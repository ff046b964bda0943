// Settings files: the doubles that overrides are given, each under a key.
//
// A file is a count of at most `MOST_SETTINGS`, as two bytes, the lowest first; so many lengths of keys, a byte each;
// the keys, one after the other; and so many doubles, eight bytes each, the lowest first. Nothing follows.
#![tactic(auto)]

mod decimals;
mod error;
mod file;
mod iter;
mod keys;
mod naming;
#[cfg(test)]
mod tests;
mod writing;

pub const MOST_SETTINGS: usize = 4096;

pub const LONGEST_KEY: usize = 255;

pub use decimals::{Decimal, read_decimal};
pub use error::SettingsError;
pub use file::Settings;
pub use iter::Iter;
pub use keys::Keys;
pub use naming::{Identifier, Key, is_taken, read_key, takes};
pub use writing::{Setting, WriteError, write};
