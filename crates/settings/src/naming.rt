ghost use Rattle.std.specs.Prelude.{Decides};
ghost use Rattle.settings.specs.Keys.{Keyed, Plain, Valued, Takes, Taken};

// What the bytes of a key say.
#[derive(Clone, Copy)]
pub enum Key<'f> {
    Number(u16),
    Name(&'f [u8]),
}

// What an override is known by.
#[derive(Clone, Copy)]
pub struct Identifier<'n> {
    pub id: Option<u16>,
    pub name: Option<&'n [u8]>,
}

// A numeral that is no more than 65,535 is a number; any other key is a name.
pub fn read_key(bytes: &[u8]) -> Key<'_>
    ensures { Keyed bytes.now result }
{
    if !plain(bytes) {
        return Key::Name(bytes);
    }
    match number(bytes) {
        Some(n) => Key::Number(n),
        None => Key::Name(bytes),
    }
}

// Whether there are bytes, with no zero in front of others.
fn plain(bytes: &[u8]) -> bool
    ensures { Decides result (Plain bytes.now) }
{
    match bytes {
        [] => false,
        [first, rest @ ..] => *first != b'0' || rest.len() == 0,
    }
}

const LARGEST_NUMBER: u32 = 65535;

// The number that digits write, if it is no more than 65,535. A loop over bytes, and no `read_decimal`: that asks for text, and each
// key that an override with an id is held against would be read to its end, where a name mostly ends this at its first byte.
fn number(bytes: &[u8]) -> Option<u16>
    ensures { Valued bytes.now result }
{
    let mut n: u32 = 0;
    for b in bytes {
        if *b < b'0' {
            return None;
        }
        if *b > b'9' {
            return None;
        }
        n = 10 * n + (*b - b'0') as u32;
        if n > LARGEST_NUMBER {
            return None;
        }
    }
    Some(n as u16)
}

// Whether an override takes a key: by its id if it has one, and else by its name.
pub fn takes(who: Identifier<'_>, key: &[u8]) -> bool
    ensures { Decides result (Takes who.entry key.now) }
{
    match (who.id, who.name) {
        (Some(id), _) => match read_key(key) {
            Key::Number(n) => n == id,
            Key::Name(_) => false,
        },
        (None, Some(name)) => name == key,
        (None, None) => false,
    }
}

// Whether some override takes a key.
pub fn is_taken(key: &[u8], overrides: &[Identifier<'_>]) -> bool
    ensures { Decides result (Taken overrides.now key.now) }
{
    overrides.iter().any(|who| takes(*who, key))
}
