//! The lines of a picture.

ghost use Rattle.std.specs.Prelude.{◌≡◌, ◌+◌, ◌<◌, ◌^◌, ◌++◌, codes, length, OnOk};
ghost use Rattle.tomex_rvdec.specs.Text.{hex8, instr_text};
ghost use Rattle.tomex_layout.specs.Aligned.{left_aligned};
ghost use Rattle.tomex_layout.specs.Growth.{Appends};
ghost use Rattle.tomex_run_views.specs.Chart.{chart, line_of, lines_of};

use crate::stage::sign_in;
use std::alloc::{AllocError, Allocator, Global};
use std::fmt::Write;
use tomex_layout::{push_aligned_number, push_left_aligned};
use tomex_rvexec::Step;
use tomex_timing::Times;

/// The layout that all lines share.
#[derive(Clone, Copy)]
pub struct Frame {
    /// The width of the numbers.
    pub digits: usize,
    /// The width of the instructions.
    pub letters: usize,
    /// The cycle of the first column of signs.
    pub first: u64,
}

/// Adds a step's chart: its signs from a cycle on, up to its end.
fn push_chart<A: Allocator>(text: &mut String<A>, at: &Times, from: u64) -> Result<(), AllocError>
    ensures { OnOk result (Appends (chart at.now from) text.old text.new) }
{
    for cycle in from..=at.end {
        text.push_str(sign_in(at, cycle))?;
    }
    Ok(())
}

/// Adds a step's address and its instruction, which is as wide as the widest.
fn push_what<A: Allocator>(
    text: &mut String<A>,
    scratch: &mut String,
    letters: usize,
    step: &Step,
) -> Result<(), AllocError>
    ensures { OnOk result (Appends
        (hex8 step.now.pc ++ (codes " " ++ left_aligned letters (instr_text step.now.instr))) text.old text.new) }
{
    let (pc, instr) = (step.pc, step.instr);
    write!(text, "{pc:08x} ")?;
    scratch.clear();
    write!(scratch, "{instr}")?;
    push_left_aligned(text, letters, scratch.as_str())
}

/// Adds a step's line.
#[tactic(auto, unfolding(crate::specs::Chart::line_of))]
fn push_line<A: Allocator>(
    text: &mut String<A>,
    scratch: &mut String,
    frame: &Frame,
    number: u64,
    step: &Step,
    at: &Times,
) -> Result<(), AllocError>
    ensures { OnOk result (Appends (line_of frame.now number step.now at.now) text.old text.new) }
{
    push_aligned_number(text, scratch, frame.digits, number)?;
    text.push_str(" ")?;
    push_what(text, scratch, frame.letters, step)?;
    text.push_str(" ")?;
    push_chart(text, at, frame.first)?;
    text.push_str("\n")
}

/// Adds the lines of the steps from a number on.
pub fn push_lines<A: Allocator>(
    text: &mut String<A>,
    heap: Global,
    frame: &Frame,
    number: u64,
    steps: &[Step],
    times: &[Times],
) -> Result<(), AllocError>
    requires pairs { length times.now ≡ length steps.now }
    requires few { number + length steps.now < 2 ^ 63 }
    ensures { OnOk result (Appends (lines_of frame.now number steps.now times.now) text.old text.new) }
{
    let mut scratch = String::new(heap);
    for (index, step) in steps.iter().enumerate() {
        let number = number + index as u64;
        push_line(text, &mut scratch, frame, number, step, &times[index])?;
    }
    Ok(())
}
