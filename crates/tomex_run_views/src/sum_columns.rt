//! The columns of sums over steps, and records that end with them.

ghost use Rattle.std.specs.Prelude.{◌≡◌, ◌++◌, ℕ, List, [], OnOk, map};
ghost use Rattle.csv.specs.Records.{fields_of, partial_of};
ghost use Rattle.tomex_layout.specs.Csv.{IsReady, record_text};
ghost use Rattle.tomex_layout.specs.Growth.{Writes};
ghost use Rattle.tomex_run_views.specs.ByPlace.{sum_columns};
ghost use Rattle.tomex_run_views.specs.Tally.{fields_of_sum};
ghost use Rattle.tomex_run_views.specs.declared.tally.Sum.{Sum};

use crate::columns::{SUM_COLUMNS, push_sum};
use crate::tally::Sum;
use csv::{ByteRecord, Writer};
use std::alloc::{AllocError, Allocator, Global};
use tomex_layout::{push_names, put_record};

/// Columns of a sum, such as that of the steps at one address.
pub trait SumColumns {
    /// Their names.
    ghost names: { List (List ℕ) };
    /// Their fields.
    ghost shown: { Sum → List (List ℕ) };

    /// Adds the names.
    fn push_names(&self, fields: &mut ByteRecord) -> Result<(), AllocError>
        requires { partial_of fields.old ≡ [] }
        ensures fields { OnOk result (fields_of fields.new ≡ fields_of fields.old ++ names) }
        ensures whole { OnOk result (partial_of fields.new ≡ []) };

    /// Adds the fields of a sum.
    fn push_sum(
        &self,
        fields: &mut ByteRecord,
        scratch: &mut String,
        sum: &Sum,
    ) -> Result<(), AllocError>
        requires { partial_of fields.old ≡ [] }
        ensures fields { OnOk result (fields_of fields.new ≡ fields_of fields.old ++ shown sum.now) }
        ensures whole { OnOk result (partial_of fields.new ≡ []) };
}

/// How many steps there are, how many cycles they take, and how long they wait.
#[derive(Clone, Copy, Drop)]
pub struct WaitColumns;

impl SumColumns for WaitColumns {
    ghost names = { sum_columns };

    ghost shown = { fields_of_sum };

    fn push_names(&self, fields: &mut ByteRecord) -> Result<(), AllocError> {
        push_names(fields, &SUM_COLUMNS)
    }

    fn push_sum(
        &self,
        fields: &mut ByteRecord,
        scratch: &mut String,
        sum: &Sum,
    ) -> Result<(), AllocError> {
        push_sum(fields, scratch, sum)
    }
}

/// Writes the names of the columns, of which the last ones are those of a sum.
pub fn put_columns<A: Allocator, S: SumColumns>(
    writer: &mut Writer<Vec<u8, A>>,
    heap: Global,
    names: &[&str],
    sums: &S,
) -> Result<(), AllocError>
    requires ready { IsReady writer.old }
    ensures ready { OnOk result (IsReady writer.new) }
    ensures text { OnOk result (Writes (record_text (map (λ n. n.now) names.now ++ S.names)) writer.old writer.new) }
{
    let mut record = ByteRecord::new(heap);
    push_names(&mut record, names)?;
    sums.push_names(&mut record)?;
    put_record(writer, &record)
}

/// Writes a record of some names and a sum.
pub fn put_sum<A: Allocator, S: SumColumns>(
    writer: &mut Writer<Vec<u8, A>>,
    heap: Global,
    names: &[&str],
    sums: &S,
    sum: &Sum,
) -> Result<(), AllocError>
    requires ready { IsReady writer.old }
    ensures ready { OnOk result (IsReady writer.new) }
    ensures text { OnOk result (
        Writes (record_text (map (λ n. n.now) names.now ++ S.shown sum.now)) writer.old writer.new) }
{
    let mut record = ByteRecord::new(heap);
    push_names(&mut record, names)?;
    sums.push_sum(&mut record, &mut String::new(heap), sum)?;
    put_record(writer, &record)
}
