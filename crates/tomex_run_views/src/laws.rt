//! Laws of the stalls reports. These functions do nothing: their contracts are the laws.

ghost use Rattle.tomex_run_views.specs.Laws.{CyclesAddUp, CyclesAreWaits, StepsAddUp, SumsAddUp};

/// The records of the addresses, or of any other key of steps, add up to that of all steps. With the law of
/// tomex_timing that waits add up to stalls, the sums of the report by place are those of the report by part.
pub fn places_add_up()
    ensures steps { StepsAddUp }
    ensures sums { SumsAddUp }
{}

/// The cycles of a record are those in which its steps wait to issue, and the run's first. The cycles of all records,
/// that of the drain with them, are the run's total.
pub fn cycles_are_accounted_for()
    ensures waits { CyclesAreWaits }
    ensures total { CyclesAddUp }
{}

--------------------------------

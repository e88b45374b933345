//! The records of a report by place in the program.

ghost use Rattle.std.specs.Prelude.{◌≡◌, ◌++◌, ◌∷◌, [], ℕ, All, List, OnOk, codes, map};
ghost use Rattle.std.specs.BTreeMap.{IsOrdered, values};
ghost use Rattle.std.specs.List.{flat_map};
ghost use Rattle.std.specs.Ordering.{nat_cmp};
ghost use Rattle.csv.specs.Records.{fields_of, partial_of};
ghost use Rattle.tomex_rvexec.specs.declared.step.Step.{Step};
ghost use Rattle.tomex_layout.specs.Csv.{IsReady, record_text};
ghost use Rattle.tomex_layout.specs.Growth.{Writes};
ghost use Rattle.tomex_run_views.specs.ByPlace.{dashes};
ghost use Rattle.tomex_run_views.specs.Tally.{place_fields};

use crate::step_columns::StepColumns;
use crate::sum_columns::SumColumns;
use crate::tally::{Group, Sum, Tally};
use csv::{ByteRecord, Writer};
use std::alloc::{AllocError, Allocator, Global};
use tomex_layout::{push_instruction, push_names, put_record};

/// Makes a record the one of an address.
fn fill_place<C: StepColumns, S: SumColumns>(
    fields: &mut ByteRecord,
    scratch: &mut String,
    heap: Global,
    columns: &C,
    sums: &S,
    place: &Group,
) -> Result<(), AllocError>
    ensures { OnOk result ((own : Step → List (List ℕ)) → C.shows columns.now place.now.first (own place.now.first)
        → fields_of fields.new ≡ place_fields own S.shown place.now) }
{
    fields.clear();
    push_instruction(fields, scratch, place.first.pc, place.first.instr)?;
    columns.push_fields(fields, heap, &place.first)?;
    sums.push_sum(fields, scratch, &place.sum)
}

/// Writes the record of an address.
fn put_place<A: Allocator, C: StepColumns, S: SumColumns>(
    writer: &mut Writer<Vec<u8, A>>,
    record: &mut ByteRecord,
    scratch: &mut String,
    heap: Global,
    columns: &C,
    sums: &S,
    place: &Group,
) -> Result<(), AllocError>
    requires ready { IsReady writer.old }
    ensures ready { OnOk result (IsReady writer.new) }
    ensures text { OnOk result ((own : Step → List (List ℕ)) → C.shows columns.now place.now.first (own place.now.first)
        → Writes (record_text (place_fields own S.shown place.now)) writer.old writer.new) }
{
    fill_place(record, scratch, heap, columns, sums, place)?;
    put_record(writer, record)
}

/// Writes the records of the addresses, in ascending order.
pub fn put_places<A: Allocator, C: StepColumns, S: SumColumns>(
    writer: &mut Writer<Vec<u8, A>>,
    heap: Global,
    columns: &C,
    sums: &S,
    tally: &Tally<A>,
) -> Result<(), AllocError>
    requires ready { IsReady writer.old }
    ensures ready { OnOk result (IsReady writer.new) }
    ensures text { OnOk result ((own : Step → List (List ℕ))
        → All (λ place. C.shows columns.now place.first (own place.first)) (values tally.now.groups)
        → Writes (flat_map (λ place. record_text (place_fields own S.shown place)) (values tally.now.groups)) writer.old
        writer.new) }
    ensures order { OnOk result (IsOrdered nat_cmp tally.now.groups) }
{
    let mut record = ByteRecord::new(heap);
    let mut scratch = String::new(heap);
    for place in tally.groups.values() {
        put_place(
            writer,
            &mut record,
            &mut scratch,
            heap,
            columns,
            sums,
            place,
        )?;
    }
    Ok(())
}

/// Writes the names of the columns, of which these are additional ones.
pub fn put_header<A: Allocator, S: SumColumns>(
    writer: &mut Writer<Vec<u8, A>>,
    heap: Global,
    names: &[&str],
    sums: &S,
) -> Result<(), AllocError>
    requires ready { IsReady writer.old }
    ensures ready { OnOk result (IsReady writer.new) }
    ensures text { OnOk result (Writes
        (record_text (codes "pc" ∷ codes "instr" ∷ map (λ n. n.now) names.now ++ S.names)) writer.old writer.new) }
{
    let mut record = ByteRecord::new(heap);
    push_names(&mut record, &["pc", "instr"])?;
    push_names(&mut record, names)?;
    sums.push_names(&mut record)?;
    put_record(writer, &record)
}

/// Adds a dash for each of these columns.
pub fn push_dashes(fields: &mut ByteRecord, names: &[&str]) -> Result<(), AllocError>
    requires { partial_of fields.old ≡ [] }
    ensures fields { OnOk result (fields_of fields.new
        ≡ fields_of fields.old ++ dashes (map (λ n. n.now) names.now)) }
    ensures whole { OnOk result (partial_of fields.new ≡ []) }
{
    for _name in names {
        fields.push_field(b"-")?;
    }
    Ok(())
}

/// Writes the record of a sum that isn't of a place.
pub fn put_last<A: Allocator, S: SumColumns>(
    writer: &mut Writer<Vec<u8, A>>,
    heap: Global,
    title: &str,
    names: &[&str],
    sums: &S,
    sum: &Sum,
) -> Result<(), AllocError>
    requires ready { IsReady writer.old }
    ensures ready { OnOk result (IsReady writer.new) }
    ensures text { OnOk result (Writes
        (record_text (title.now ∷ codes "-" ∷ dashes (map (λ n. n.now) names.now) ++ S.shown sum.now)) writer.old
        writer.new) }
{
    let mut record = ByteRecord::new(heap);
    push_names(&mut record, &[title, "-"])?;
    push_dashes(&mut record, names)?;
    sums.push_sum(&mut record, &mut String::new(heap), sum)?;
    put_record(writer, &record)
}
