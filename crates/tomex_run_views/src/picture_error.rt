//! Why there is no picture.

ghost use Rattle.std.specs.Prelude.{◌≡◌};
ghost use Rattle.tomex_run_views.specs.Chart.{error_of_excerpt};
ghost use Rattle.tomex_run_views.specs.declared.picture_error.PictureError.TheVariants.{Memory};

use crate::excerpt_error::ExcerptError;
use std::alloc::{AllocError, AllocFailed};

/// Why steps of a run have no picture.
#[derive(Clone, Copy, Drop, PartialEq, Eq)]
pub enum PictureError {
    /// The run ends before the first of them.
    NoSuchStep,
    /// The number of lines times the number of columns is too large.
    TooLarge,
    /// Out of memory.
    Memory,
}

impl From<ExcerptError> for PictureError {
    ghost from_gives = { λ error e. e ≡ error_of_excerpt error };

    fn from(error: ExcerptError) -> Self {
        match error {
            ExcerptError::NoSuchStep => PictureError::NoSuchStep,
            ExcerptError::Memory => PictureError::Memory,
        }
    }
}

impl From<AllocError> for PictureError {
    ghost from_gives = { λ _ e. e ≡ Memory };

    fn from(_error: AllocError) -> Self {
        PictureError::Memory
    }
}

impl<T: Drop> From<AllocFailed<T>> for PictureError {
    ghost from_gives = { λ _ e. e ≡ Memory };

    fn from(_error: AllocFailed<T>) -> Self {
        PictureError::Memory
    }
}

--------------------------------

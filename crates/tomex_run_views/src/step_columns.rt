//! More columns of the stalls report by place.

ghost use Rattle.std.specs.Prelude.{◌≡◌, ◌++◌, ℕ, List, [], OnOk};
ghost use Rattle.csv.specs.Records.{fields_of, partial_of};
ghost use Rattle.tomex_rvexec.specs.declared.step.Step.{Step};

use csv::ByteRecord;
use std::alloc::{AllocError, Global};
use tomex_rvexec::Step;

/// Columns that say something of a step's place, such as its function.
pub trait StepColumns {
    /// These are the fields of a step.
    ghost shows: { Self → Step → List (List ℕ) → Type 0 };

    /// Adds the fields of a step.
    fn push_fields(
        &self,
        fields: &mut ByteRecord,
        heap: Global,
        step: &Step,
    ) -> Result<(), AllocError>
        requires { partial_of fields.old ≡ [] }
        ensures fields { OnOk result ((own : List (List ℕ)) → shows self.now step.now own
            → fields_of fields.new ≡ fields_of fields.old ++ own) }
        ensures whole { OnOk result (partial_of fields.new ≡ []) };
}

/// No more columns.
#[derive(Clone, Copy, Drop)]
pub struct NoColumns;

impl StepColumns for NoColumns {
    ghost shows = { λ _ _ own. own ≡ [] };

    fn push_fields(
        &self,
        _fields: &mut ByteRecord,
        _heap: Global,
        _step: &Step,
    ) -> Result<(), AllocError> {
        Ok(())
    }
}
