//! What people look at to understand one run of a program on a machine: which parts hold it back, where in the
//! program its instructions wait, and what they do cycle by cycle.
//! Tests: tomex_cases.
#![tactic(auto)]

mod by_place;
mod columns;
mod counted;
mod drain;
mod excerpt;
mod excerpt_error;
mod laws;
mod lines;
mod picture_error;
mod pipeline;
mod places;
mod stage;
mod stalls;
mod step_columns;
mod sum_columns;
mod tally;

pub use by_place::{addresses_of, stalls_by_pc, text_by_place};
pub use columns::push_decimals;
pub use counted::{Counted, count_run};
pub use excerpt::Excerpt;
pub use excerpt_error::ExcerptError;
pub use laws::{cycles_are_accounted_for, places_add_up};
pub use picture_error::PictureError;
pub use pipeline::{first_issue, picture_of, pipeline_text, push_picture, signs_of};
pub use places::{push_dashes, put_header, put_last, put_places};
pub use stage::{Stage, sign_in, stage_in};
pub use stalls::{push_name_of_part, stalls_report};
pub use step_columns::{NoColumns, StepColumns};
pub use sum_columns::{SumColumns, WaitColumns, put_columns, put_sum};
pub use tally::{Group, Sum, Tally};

--------------------------------

> [INSTRUCTIONS FOR THE TASK]
Among the lines above, return those that hold the word "impl".

> [SOLUTION]
impl SumColumns for WaitColumns {
impl From<ExcerptError> for PictureError {
impl From<AllocError> for PictureError {
impl<T: Drop> From<AllocFailed<T>> for PictureError {
impl StepColumns for NoColumns {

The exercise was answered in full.